The recipe, which was found by many metallurgists at different times and in different countries, was simple and understandable: "You cannot extinguish the furnace." About the technical details, why the constant burning of the blast furnace is more profitable, how it improves the properties of the metal being smelted and why in this case less efforts of blacksmiths are required, during subsequent processing, I suggest reading about all this, friends,]]> here is a link to a good article on metallurgy]]>. In the meantime, just accept it as a fact: economically and technologically, the constant operation of the furnace is more profitable. Now let's get down to the calculations.
Our blast furnace has an inner diameter of 4 meters, the height of the working area, judging by the proportions of the furnace, is at least two meters, and possibly even more.This gives us a working area of 25,000 liters. It is easy to calculate by the formula: V = πr2h where V is the volume; π = 3.14; r is the radius of the furnace; h is the height of the working area.

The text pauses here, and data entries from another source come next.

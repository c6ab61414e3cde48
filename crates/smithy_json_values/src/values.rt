//! Where strings, nulls and booleans lie in an input, and where a value may end.

ghost use Rattle.std.specs.Prelude.{◌≡◌, ◌≤◌, ◌+◌, ◌-◌, ◌↔◌, ℕ, List, Bool, length, drop, IsTrue, IfSome, IfNone};
ghost use Rattle.smithy_declarations.specs.declared.shape_type.Scalar.TheVariants as scalars;
ghost use Rattle.smithy_json_grammar.specs.Standing.{IsStringAt};
ghost use Rattle.smithy_json_grammar.specs.FoundString.{FindsString};
ghost use Rattle.smithy_json_grammar.specs.Unescape.{has_escape};
ghost use Rattle.smithy_json_values.specs.Codec.{held_settings, held_grammar};
ghost use Rattle.smithy_json_values.specs.LexicalGrammar.{LiesInGrammar, frames_of};
ghost use Rattle.smithy_json_values.specs.Scalar.{a_boolean, a_string};
ghost use Rattle.smithy_json_values.specs.Spans.{begins_with_null, begins_with_alphanumeric, without_ws};
ghost use Rattle.smithy_json_values.specs.Tokens.{BoundaryBy};
ghost use Rattle.smithy_json_values.specs.Private.PlacedTexts.{StandsFrom};

use crate::mismatch::{begins_with_false, begins_with_true};
use smithy_json_grammar::quoted_text::scan_lenient_string;
use smithy_json_grammar::scan::{is_boundary, skip_blanks};
use smithy_json_grammar::string_text::{ScannedString, scan_string};
use smithy_json_settings::Settings;

/// Whether a value may end at the offset.
#[inline(always)]
pub fn may_follow(input: &[u8], at: usize, settings: &Settings) -> bool
    requires { at ≤ length input.now }
    ensures { IsTrue result ↔ BoundaryBy (held_settings settings.now).enforce_strictness (drop at input.now) }
{
    if settings.enforce_strictness {
        is_boundary(input, at)
    } else {
        true
    }
}

// The string at the offset, where it is none of RFC 8259.
#[cold]
#[inline(never)]
fn other_string<'a>(input: &'a [u8], start: usize, settings: &Settings) -> Option<ScannedString<'a>>
    requires within { start ≤ length input.now }
    requires other { (closing : ℕ) → IsStringAt input.now start closing → ⊥ }
    ensures { FindsString (held_grammar settings.now).is_text input.now start result }
{
    if settings.enforce_strictness {
        None
    } else {
        scan_lenient_string(input, start)
    }
}

/// The string at the offset, as it is read: one of RFC 8259, and where nothing is strict also one that holds bytes below 0x20.
#[inline(always)]
pub fn string_of<'a>(
    input: &'a [u8],
    start: usize,
    settings: &Settings,
) -> Option<ScannedString<'a>>
    requires { start ≤ length input.now }
    ensures { FindsString (held_grammar settings.now).is_text input.now start result }
{
    match scan_string(input, start) {
        Some(string) => Some(string),
        None => {
            let other = other_string(input, start, settings)?;
            Some(other)
        }
    }
}

/// The string that comes first behind blanks.
#[inline(always)]
pub fn string_at<'a>(input: &'a [u8], at: usize, settings: &Settings) -> Option<ScannedString<'a>>
    requires { at ≤ length input.now }
    ensures found { IfSome result (λ s. LiesInGrammar (held_grammar settings.now) scalars.String (a_string s.text.now) input.now at (s.closing + 1)) }
    ensures begins { IfSome result (λ s. length s.text.now ≤ s.closing) }
    ensures stands { IfSome result (λ s. StandsFrom input.now at (s.closing + 1) (s.closing - length s.text.now) s.text.now) }
    ensures has_escape { IfSome result (λ s. s.has_escape ≡ has_escape s.text.now) }
    ensures none { IfNone result ((raw : List ℕ) (e : ℕ) → LiesInGrammar (held_grammar settings.now) scalars.String (a_string raw) input.now at e → ⊥) }
{
    let string = string_of(input, skip_blanks(input, at), settings)?;
    may_follow(input, string.closing + 1, settings).then_some(string)
}

// Whether an ASCII letter or digit comes first.
fn begins_with_alphanumeric(bytes: &[u8]) -> bool
    ensures { result ≡ begins_with_alphanumeric bytes.now }
{
    match bytes {
        [first, ..] => first.is_ascii_alphanumeric(),
        [] => false,
    }
}

/// Whether `null` comes first, and no ASCII letter or digit behind it.
pub fn begins_with_null(bytes: &[u8]) -> bool
    ensures { result ≡ begins_with_null bytes.now }
{
    match bytes {
        [n, u, l, k, rest @ ..] => {
            *n == b'n' && *u == b'u' && *l == b'l' && *k == b'l' && !begins_with_alphanumeric(rest)
        }
        _ => false,
    }
}

/// Whether `null` comes first behind blanks, and no ASCII letter or digit behind it.
pub fn begins_null(input: &[u8], at: usize) -> bool
    requires { at ≤ length input.now }
    ensures { result ≡ begins_with_null (without_ws (drop at input.now)) }
{
    begins_with_null(&input[skip_blanks(input, at)..])
}

/// The boolean that comes first behind blanks, with its end.
pub fn boolean_at(input: &[u8], at: usize, settings: &Settings) -> Option<(bool, usize)>
    requires { at ≤ length input.now }
    ensures found { IfSome result (λ r. (frames_of (held_grammar settings.now)).scalar input.now 0 (a_boolean r.0) at r.1) }
    ensures none { IfNone result ((b : Bool) (e : ℕ) → (frames_of (held_grammar settings.now)).scalar input.now 0 (a_boolean b) at e → ⊥) }
{
    let start = skip_blanks(input, at);
    if begins_with_true(&input[start..]) {
        return may_follow(input, start + 4, settings).then_some((true, start + 4));
    }
    if begins_with_false(&input[start..]) {
        return may_follow(input, start + 5, settings).then_some((false, start + 5));
    }
    None
}
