//! Laws of an agent's plan: what its components name is there.
#![tactic(auto)]

mod laws;

pub use laws::{
    groups_name_what_is_there, numbers_are_limited, sinks_name_what_is_there, sinks_stand_once,
    sources_name_what_is_there,
};
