use crate::reading::{of_read, read_event};
use channel_face::{
    BeginRefused, Counter, FlushRefused, Put, PutRefused, PutTxn, Settled, StageRefused,
    TakeRefused, TakeTxn, Taken, Ticket,
};
use channel_log::{LAST_FILE, LogWriter};
use channel_places::Held;
use channel_writing::Writing;
use event_core::Event;
use flume_host::{Disk, Failed};
use record_form::{MAX_PUT_SIZE, Pointer};
use std::marker::Model;

/// The places of a channel's events, and the log in which each of them has its record.
#[derive(Drop)]
pub struct LoggedPlaces<D: Disk + Drop> {
    pub(crate) held: Held,
    pub(crate) writing: Writing<D>,
}

impl<D: Disk + Drop> Model for LoggedPlaces<D> {
    ghost use Rattle.file_channel.specs.Placed.{HasState, Logged};

    // The disk, and what the channel has beside it.
    ghost Value = { D × Logged };

    ghost view = { λ c. (
      c.writing.disk,
      record { places = c.held; log = c.writing.log; busy = c.writing.busy },
    ) };

    ghost invariant = { λ c. HasState (D.told c.writing.disk)
        (record { places = c.held; log = c.writing.log; busy = c.writing.busy }) };
}

// Whether the log's file is the last that there can be, and has reached the length at which a file is left.
fn at_last_end(held: &Held, log: &LogWriter) -> bool
    ensures { IsTrue result ↔ (log.now.file ≡ 4_294_967_295)
        × (held.now.numbers.rules.limits.max_file ≤ log.now.gate + 1) }
{
    let max_file = held.max_file();
    log.file() == LAST_FILE && log.gate_at() >= max_file.saturating_sub(1)
}
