// Looks at a row: the text has the part, and what is written for it is accepted, or not.
fn is_right(alloc: Global, row: &str, accepted: bool) -> Result<bool, Fail> {
    let (from, to) = row.split_once("=>").ok_or("no row")?;
    Ok(protocol_text().contains(from) && is_accepted_with(alloc, from, to)? == accepted)
}

// Looks at each row of a table, and counts them. One that is wrong is named.
fn count_rows(alloc: Global, table: &str, accepted: bool) -> Result<usize, Fail> {
    let mut count = 0usize;
    for row in table.lines() {
        if !row.starts_with("//") {
            if !is_right(alloc, row, accepted)? {
                return Err(Fail::new(format_args!("{row}")));
            }
            count = count.saturating_add(1);
        }
    }
    Ok(count)
}

// The place of the first whole text with which it is otherwise.
fn first_other(alloc: Global, texts: &[&str], accepted: bool) -> Result<Option<usize>, NoMemory> {
    for (place, text) in texts.iter().enumerate() {
        if accepts(alloc, text)? != accepted {
            return Ok(Some(place));
        }
    }
    Ok(None)
}

#[test]
fn accepted_texts(rt: HostRuntime) {
    assert!(rt; accepts(rt.alloc(), protocol_text()) == Ok(true));
    let other = first_other(rt.alloc(), &ACCEPTED_TEXTS, true);
    assert!(rt; other == Ok(None), "{other:?}");
}

#[test]
fn accepted_rows(rt: HostRuntime) -> Result<(), Fail> {
    assert!(rt; count_rows(rt.alloc(), ACCEPTED, true)? == 48);
    Ok(())
}

// Round a comma, and the end of a line after a brace.
#[test]
fn white_space_is_accepted(rt: HostRuntime) -> Result<(), Fail> {
    for row in &[",=> , ", "{=>{\n"] {
        assert!(rt; is_right(rt.alloc(), row, true)?, "{row}");
    }
    Ok(())
}

const REFUSED_TEXTS: [&str; 6] = [
    "",
    "null",
    "[]",
    "{}",
    "{\"messages\":{}}",
    FIELD_FOR_STATUS,
];

fn is_accepted_beside(alloc: Global, further: &str) -> Result<bool, NoMemory> {
    let to = format!(in alloc; "\"types\":[{further},")?;
    is_accepted_with(alloc, "\"types\":[", to.as_str())
}

#[test]
fn refused_texts(rt: HostRuntime) {
    let other = first_other(rt.alloc(), &REFUSED_TEXTS, false);
    assert!(rt; other == Ok(None), "{other:?}");
}

#[test]
fn refused_rows(rt: HostRuntime) -> Result<(), Fail> {
    assert!(rt; count_rows(rt.alloc(), REFUSED, false)? == 56);
    Ok(())
}

#[test]
fn refused_types(rt: HostRuntime) {
    for further in &REFUSED_TYPES {
        assert!(rt;
            is_accepted_beside(rt.alloc(), further) == Ok(false),
            "{further}"
        );
    }
}

// RFC 1321, by another program. The hash that a connection tells is compared in the rows of handshakes.
#[test]
fn own_hash(rt: HostRuntime) {
    assert!(rt; protocol_text().len() == 509);
    let mut hasher = Md5::new();
    hasher.update(protocol_text().as_bytes());
    assert!(rt; hasher.finalize() == HASH);
}
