// Whether a call is answered FAILED, and no events wait for a verdict.
fn is_failed(hop: &mut Hop, call: &[u8]) -> bool {
    match answered(hop, call, Status::Ok) {
        Ok((payload, events)) => payload.as_slice() == [0u8, 0, 2].as_slice() && events.is_none(),
        Err(_) => false,
    }
}

#[test]
fn an_event_of_a_call_that_is_too_large(rt: HostRuntime) -> Result<(), Fail> {
    let mut hop = greeted(rt.alloc())?;
    let mut call = large_append(rt.alloc())?;
    assert!(rt; is_failed(&mut hop, &call));
    call.push(0)?;
    assert!(rt; fault_of(&mut hop, &call) == Some(33_554_438));
    Ok(())
}

#[test]
fn a_batch_with_an_event_that_is_too_large(rt: HostRuntime) -> Result<(), Fail> {
    let mut hop = greeted(rt.alloc())?;
    let call = large_batch(rt.alloc())?;
    assert!(rt; is_failed(&mut hop, &call));
    Ok(())
}
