// Laws of a plan.
ghost use Rattle.plan_laws.specs.Names.{GroupsNameWhatIsThere, SinksNameWhatIsThere, SourcesNameWhatIsThere};
ghost use Rattle.plan_laws.specs.Limits.{NumbersAreLimited};
ghost use Rattle.plan_laws.specs.Once.{SinksStandOnce};

/// In each plan that `plan_of` may answer, the channels of a source are channels of the plan, and those that its selector names are
/// channels of the source. So an intake over as many ports as the source has channels may be made without a further test.
pub fn sources_name_what_is_there()
    ensures { SourcesNameWhatIsThere }
{}

/// The channel of each sink is a channel of the plan.
pub fn sinks_name_what_is_there()
    ensures { SinksNameWhatIsThere }
{}

/// The sinks of a group are sinks of the plan; it has as many priorities as sinks, and one of the default processor has at most one
/// sink.
pub fn groups_name_what_is_there()
    ensures { GroupsNameWhatIsThere }
{}

/// The numbers of a plan are within the limits that channels, sink runs and sessions ask: a sink takes 1 to 10,000 events at once, a
/// channel holds 1 to 10,000,000, a transaction 1 to 100,000, and a longest line has 1 to 1,048,568 bytes.
pub fn numbers_are_limited()
    ensures { NumbersAreLimited }
{}

/// No sink of a plan stands in a group twice, or in two.
pub fn sinks_stand_once()
    ensures { SinksStandOnce }
{}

For comparison, the weight of 1 liter of pure water is 1 kg. Iron ore is much heavier than water, due to its higher density, therefore 1 liter of ore weighs much more, depending on the type of ore, 2 or more times. Fuel, in our case, can be both coal and wood. Stone, is also heavier than water, but wood is lighter. But in comparison with stone, wood burns out faster, therefore, it needs to be added to the furnace more often, and accordingly, its volume increases. Also for smelting, a flux is required - limestone, which is also heavier than water.

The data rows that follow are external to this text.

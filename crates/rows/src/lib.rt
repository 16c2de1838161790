// Table rows: where the next cell ends, which cells are separators, and how a separator aligns (RULES X2 to X7, X11).
#![tactic(auto)]

ghost use Rattle.std.specs.Prelude.{◌≡◌, true, false, ◌+◌, ◌≤◌, ◌<◌, length, ◌==◌, get_or, drop, position, MatchOption};
ghost use Rattle.rows.specs.Rows.{ticks_of, hides_at, is_sign, row_end, cell_from, cell_of, dashes_of, dash_end, separator_of, alignment_num, alignment_of};

use classes;

// No more cells: the row ends, with a backtick run left open or not.
#[derive(Clone, Copy, PartialEq, Eq, Debug)]
pub struct RowEnd {
    pub unclosed: bool,
}

// How a separator aligns its column.
#[derive(Clone, Copy, PartialEq, Eq, Debug)]
pub enum Alignment {
    None,
    Left,
    Right,
    Centre,
}

// How many backticks stand at the front. Mostly few do, so sixteen are compared at a time only where sixteen stand there.
fn ticks(row: &[u8]) -> usize
    ensures { (result ≡ ticks_of row.now) × (result ≤ length row.now) }
{
    let n = row.iter().take(16).take_while(|b| **b == b'`').count();
    if n < 16 {
        return n;
    }
    classes::find(row, |b| b != b'`').unwrap_or(row.len())
}

// Where the next backtick stands.
fn next_tick(s: &[u8]) -> Option<usize>
    ensures { result ≡ position (λ b. b == 96) s.now }
{
    s.iter().position(|b| *b == b'`')
}

// From the backtick run at i, past the run that closes it, which has as many backticks; none where the row leaves it open.
fn past_run(row: &[u8], i: usize) -> Option<usize>
    requires { (i < length row.now) × (get_or row.now i 0 ≡ 96) }
    ensures { MatchOption result (cell_from 0 0 i (drop i row.now) ≡ row_end true) (λ k. (i < k) × (k ≤ length row.now) × (cell_from 0 0 i (drop i row.now) ≡ cell_from 0 0 k (drop k row.now))) }
{
    let n = ticks(&row[i..]);
    let mut k = i + n;
    // a step is a run of backticks, whose length only the row says
    while let Some(t) = next_tick(&row[k..]) {
        k += t;
        let m = ticks(&row[k..]);
        k += m;
        if m == n {
            return Some(k);
        }
    }
    None
}

// Whether the byte at i is a backslash that hides the next.
#[tactic(auto, unfolding(crate::specs::Rows::hides_at, classes::specs::Classes::is_punct, classes::specs::Classes::within))]
fn hides(row: &[u8], i: usize) -> bool
    requires { i ≤ length row.now }
    ensures { result ≡ hides_at (drop i row.now) }
{
    match &row[i..] {
        [b'\\', next, ..] => classes::is_punct(*next),
        _ => false,
    }
}

// A byte that a row reads by itself: a backtick, a pipe or a backslash. With `||` or `matches!` it would be tested by a table
// of bits, and then sixteen bytes are not compared at a time.
#[tactic(auto, unfolding(crate::specs::Rows::is_sign))]
fn is_sign(b: u8) -> bool
    ensures { result ≡ is_sign b }
{
    (b == b'`') | (b == b'|') | (b == b'\\')
}

// The next such byte, from i on, which is outside backtick runs; none up to the row's end. Two bytes are read one by one before
// sixteen are compared at a time, since signs often stand close together.
fn next_sign(row: &[u8], i: usize) -> Option<usize>
    ensures { MatchOption result (cell_from 0 0 i (drop i row.now) ≡ row_end false) (λ k. (i ≤ k) × (k < length row.now) × (is_sign (get_or row.now k 0) ≡ true) × (cell_from 0 0 i (drop i row.now) ≡ cell_from 0 0 k (drop k row.now))) }
{
    let rest = row.get(i..)?;
    match rest {
        [a, ..] if is_sign(*a) => Some(i),
        [_, b, ..] if is_sign(*b) => Some(i + 1),
        _ => Some(i + classes::find(rest, is_sign)?),
    }
}

// Where the next cell ends: its pipe, from `at` on, which is outside backtick runs.
pub fn next_cell(row: &[u8], at: usize) -> Result<usize, RowEnd>
    ensures { result ≡ cell_of row.now at }
{
    let mut i = at;
    // a step is a sign, a hidden byte or a whole verbatim
    while let Some(k) = next_sign(row, i) {
        i = match row[k] {
            b'\\' if hides(row, k) => k + 2,
            b'\\' => k + 1,
            b'|' => return Ok(k),
            _ => past_run(row, k).ok_or(RowEnd { unclosed: true })?,
        };
    }
    Err(RowEnd { unclosed: false })
}

// How many dashes stand at the front.
fn dash_run(s: &[u8]) -> usize
    ensures { (result ≤ length s.now) × (dashes_of s.now ≡ dash_end s.now result) }
{
    classes::find(s, |b| b != b'-').unwrap_or(s.len())
}

// Whether only dashes stand here, and at most a colon after them.
#[tactic(auto, unfolding(crate::specs::Rows::dash_end))]
fn dashes(s: &[u8]) -> bool
    ensures { result ≡ dashes_of s.now }
{
    matches!(&s[dash_run(s)..], [] | [b':'])
}

// Whether a trimmed cell is a separator: an optional colon, one or more dashes, an optional colon.
#[tactic(auto, unfolding(crate::specs::Rows::separator_of, crate::specs::Rows::dashed))]
pub fn is_separator(cell: &[u8]) -> bool
    ensures { result ≡ separator_of cell.now }
{
    match cell {
        [b'-', rest @ ..] => dashes(rest),
        [b':', b'-', rest @ ..] => dashes(rest),
        _ => false,
    }
}

impl Alignment {
    // How a trimmed separator cell aligns.
    #[tactic(auto, unfolding(crate::specs::Rows::alignment_of))]
    pub fn of(cell: &[u8]) -> Alignment
        ensures { alignment_num result ≡ alignment_of cell.now }
    {
        match cell {
            [b':'] | [b':', .., b':'] => Alignment::Centre,
            [b':', ..] => Alignment::Left,
            [.., b':'] => Alignment::Right,
            _ => Alignment::None,
        }
    }
}

// The number that an event's body holds (RULES E8).
impl From<Alignment> for u32 {
    ghost from_gives = { λ x n. n ≡ alignment_num x };

    fn from(x: Alignment) -> u32 {
        match x {
            Alignment::None => 0,
            Alignment::Left => 1,
            Alignment::Right => 2,
            Alignment::Centre => 3,
        }
    }
}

It turns out that one load of this furnace requires 50 tons of ore and about 50 tons of coal and flux. That is, for this furnace, only for one load, raw materials, you need to bring about 100 tons. Considering that the local ore is still poorer than on the Kursk Magnetic Anomaly, we will assume that the cast iron is drained not after 2-3 hours, but after 8-12 hours, that is, only twice a day, which means the daily supply of raw materials, is 200 tons.
At the same time, the exit from the furnace of all solid materials is also a wagon and a small cart, since it is necessary to take away the resulting slag and send the finished metal for further processing.
Thus, we came to the conclusion that it is simply physically impossible to carry out all these transportation by carts, since an ordinary cart pulled by one horse can carry about 700 kg, on a more or less flat and strong road. In the case of uneven or muddy roads, it is not recommended to load the cart, more than the weight of the horse itself.
That is, to ensure the continuous operation of the furnace, only for the delivery of raw materials you need: 200 tons / 700 kg = 285.71 that is - 286 horses, 286 carts, and 286 cabmen. It seems that not a lot, considering that one of the owners of the plant, Nikolai Petrovich Khlebnikov, was engaged in breeding horses, but 286 carts of raw materials per day, this is only 5 minutes for unloading. Is it a lot or a little? I don’t know, but apparently, you really need to be an epic hero in order to throw 700 kg of stones in 5 minutes.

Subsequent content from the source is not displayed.